### WHAT THE TASK ASKS
Copy the data. Keep every character as given.

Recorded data
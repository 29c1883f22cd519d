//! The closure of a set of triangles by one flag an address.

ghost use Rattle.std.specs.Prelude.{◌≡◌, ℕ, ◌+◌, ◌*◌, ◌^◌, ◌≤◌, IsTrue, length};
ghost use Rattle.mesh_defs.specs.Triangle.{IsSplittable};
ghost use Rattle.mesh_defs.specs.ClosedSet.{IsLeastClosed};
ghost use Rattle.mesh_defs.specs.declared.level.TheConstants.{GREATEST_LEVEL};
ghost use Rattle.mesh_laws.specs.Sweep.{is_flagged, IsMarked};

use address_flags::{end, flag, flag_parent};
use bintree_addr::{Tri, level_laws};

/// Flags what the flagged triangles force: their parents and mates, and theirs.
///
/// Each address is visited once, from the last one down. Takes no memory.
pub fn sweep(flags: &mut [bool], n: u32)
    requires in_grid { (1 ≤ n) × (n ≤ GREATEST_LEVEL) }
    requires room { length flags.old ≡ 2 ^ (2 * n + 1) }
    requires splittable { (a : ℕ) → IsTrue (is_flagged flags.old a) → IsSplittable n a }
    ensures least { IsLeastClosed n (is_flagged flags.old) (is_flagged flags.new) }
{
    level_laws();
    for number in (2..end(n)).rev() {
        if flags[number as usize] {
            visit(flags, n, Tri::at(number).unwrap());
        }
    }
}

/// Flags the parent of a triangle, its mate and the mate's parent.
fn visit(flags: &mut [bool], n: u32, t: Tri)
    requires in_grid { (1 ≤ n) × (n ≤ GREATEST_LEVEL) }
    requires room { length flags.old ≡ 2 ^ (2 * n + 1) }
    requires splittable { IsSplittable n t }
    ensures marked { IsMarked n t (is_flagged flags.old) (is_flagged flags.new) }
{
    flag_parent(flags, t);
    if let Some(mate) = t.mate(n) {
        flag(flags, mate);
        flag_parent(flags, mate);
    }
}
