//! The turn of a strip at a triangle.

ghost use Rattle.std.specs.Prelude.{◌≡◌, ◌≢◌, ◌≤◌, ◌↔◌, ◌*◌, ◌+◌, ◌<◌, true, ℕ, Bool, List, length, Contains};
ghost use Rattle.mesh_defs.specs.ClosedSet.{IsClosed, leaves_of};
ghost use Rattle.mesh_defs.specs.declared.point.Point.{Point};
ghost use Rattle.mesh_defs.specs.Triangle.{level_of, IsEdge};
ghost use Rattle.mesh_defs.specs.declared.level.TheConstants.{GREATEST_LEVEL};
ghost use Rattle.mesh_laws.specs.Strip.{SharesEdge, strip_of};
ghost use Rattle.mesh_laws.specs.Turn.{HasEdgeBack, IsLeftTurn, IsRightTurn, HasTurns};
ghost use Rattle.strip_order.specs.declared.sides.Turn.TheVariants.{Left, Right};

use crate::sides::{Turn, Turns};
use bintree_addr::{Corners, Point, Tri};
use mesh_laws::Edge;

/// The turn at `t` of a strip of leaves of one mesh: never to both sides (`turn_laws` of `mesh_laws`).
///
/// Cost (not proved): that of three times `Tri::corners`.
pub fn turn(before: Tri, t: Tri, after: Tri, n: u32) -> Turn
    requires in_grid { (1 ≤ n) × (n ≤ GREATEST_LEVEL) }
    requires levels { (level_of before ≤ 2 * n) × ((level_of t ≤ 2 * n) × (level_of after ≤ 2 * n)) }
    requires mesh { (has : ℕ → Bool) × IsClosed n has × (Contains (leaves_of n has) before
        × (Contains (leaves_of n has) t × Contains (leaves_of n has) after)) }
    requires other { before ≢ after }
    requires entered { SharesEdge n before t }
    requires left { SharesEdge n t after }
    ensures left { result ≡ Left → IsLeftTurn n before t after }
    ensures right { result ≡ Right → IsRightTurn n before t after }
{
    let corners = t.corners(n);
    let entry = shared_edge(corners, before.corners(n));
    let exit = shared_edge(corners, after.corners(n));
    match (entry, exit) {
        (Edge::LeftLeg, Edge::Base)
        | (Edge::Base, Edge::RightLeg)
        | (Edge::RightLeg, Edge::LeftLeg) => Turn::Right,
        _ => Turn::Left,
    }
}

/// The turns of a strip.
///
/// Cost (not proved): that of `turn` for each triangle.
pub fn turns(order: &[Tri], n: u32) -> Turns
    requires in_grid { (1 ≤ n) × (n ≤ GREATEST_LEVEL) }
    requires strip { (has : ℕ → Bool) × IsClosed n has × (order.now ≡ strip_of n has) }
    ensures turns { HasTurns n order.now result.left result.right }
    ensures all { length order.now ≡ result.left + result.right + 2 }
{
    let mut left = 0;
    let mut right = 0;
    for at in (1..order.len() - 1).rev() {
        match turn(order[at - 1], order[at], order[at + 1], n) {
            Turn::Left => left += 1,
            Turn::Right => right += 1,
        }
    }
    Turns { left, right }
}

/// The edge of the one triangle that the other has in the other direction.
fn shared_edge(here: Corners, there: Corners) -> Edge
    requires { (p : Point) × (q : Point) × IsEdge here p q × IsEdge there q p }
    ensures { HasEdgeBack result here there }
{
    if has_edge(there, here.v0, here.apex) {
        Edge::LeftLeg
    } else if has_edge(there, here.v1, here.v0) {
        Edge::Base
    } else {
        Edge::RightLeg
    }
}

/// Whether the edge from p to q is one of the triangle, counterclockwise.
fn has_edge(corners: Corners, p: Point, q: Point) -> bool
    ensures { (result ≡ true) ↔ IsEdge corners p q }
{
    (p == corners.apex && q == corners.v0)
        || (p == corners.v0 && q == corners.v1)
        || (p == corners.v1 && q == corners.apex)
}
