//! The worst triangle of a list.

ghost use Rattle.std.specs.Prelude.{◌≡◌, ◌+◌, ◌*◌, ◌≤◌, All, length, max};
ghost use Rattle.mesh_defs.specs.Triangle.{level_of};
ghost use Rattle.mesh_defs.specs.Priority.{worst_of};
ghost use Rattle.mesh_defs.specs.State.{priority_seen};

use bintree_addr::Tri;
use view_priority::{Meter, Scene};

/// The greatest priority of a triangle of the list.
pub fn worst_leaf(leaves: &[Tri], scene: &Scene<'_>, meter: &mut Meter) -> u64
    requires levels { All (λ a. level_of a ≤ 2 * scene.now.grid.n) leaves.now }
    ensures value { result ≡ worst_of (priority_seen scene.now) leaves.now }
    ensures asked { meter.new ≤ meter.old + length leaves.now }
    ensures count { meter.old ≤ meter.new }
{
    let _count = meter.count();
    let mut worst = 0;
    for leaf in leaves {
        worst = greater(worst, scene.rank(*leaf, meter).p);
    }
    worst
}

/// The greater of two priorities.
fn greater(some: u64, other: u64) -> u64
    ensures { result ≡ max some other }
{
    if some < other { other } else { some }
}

### TASK RESULT
repository 29c1883f22cd519d
//! The closure of a set of triangles by one flag an address.

ghost use Rattle.std.specs.Prelude.{◌≡◌, ℕ, ◌+◌, ◌*◌, ◌^◌, ◌≤◌, IsTrue, length};
ghost use Rattle.mesh_defs.specs.Triangle.{IsSplittable};
ghost use Rattle.mesh_defs.specs.ClosedSet.{IsLeastClosed};
ghost use Rattle.mesh_defs.specs.declared.level.TheConstants.{GREATEST_LEVEL};
ghost use Rattle.mesh_laws.specs.Sweep.{is_flagged, IsMarked};

use address_flags::{end, flag, flag_parent};
use bintree_addr::{Tri, level_laws};

/// Flags what the flagged triangles force: their parents and mates, and theirs.
///
/// Each address is visited once, from the last one down. Takes no memory.
pub fn sweep(flags: &mut [bool], n: u32)
    requires in_grid { (1 ≤ n) × (n ≤ GREATEST_LEVEL) }
    requires room { length flags.old ≡ 2 ^ (2 * n + 1) }
    requires splittable { (a : ℕ) → IsTrue (is_flagged flags.old a) → IsSplittable n a }
    ensures least { IsLeastClosed n (is_flagged flags.old) (is_flagged flags.new) }
{
    level_laws();
    for number in (2..end(n)).rev() {
        if flags[number as usize] {
            visit(flags, n, Tri::at(number).unwrap());
        }
    }
}

/// Flags the parent of a triangle, its mate and the mate's parent.
fn visit(flags: &mut [bool], n: u32, t: Tri)
    requires in_grid { (1 ≤ n) × (n ≤ GREATEST_LEVEL) }
    requires room { length flags.old ≡ 2 ^ (2 * n + 1) }
    requires splittable { IsSplittable n t }
    ensures marked { IsMarked n t (is_flagged flags.old) (is_flagged flags.new) }
{
    flag_parent(flags, t);
    if let Some(mate) = t.mate(n) {
        flag(flags, mate);
        flag_parent(flags, mate);
    }
}
//! The turn of a strip at a triangle.

ghost use Rattle.std.specs.Prelude.{◌≡◌, ◌≢◌, ◌≤◌, ◌↔◌, ◌*◌, ◌+◌, ◌<◌, true, ℕ, Bool, List, length, Contains};
ghost use Rattle.mesh_defs.specs.ClosedSet.{IsClosed, leaves_of};
ghost use Rattle.mesh_defs.specs.declared.point.Point.{Point};
ghost use Rattle.mesh_defs.specs.Triangle.{level_of, IsEdge};
ghost use Rattle.mesh_defs.specs.declared.level.TheConstants.{GREATEST_LEVEL};
ghost use Rattle.mesh_laws.specs.Strip.{SharesEdge, strip_of};
ghost use Rattle.mesh_laws.specs.Turn.{HasEdgeBack, IsLeftTurn, IsRightTurn, HasTurns};
ghost use Rattle.strip_order.specs.declared.sides.Turn.TheVariants.{Left, Right};

use crate::sides::{Turn, Turns};
use bintree_addr::{Corners, Point, Tri};
use mesh_laws::Edge;

/// The turn at `t` of a strip of leaves of one mesh: never to both sides (`turn_laws` of `mesh_laws`).
///
/// Cost (not proved): that of three times `Tri::corners`.
pub fn turn(before: Tri, t: Tri, after: Tri, n: u32) -> Turn
    requires in_grid { (1 ≤ n) × (n ≤ GREATEST_LEVEL) }
    requires levels { (level_of before ≤ 2 * n) × ((level_of t ≤ 2 * n) × (level_of after ≤ 2 * n)) }
    requires mesh { (has : ℕ → Bool) × IsClosed n has × (Contains (leaves_of n has) before
        × (Contains (leaves_of n has) t × Contains (leaves_of n has) after)) }
    requires other { before ≢ after }
    requires entered { SharesEdge n before t }
    requires left { SharesEdge n t after }
    ensures left { result ≡ Left → IsLeftTurn n before t after }
    ensures right { result ≡ Right → IsRightTurn n before t after }
{
    let corners = t.corners(n);
    let entry = shared_edge(corners, before.corners(n));
    let exit = shared_edge(corners, after.corners(n));
    match (entry, exit) {
        (Edge::LeftLeg, Edge::Base)
        | (Edge::Base, Edge::RightLeg)
        | (Edge::RightLeg, Edge::LeftLeg) => Turn::Right,
        _ => Turn::Left,
    }
}

/// The turns of a strip.
///
/// Cost (not proved): that of `turn` for each triangle.
pub fn turns(order: &[Tri], n: u32) -> Turns
    requires in_grid { (1 ≤ n) × (n ≤ GREATEST_LEVEL) }
    requires strip { (has : ℕ → Bool) × IsClosed n has × (order.now ≡ strip_of n has) }
    ensures turns { HasTurns n order.now result.left result.right }
    ensures all { length order.now ≡ result.left + result.right + 2 }
{
    let mut left = 0;
    let mut right = 0;
    for at in (1..order.len() - 1).rev() {
        match turn(order[at - 1], order[at], order[at + 1], n) {
            Turn::Left => left += 1,
            Turn::Right => right += 1,
        }
    }
    Turns { left, right }
}

/// The edge of the one triangle that the other has in the other direction.
fn shared_edge(here: Corners, there: Corners) -> Edge
    requires { (p : Point) × (q : Point) × IsEdge here p q × IsEdge there q p }
    ensures { HasEdgeBack result here there }
{
    if has_edge(there, here.v0, here.apex) {
        Edge::LeftLeg
    } else if has_edge(there, here.v1, here.v0) {
        Edge::Base
    } else {
        Edge::RightLeg
    }
}

/// Whether the edge from p to q is one of the triangle, counterclockwise.
fn has_edge(corners: Corners, p: Point, q: Point) -> bool
    ensures { (result ≡ true) ↔ IsEdge corners p q }
{
    (p == corners.apex && q == corners.v0)
        || (p == corners.v0 && q == corners.v1)
        || (p == corners.v1 && q == corners.apex)
}
//! The worst triangle of a list.

ghost use Rattle.std.specs.Prelude.{◌≡◌, ◌+◌, ◌*◌, ◌≤◌, All, length, max};
ghost use Rattle.mesh_defs.specs.Triangle.{level_of};
ghost use Rattle.mesh_defs.specs.Priority.{worst_of};
ghost use Rattle.mesh_defs.specs.State.{priority_seen};

use bintree_addr::Tri;
use view_priority::{Meter, Scene};

/// The greatest priority of a triangle of the list.
pub fn worst_leaf(leaves: &[Tri], scene: &Scene<'_>, meter: &mut Meter) -> u64
    requires levels { All (λ a. level_of a ≤ 2 * scene.now.grid.n) leaves.now }
    ensures value { result ≡ worst_of (priority_seen scene.now) leaves.now }
    ensures asked { meter.new ≤ meter.old + length leaves.now }
    ensures count { meter.old ≤ meter.new }
{
    let _count = meter.count();
    let mut worst = 0;
    for leaf in leaves {
        worst = greater(worst, scene.rank(*leaf, meter).p);
    }
    worst
}

/// The greater of two priorities.
fn greater(some: u64, other: u64) -> u64
    ensures { result ≡ max some other }
{
    if some < other { other } else { some }
}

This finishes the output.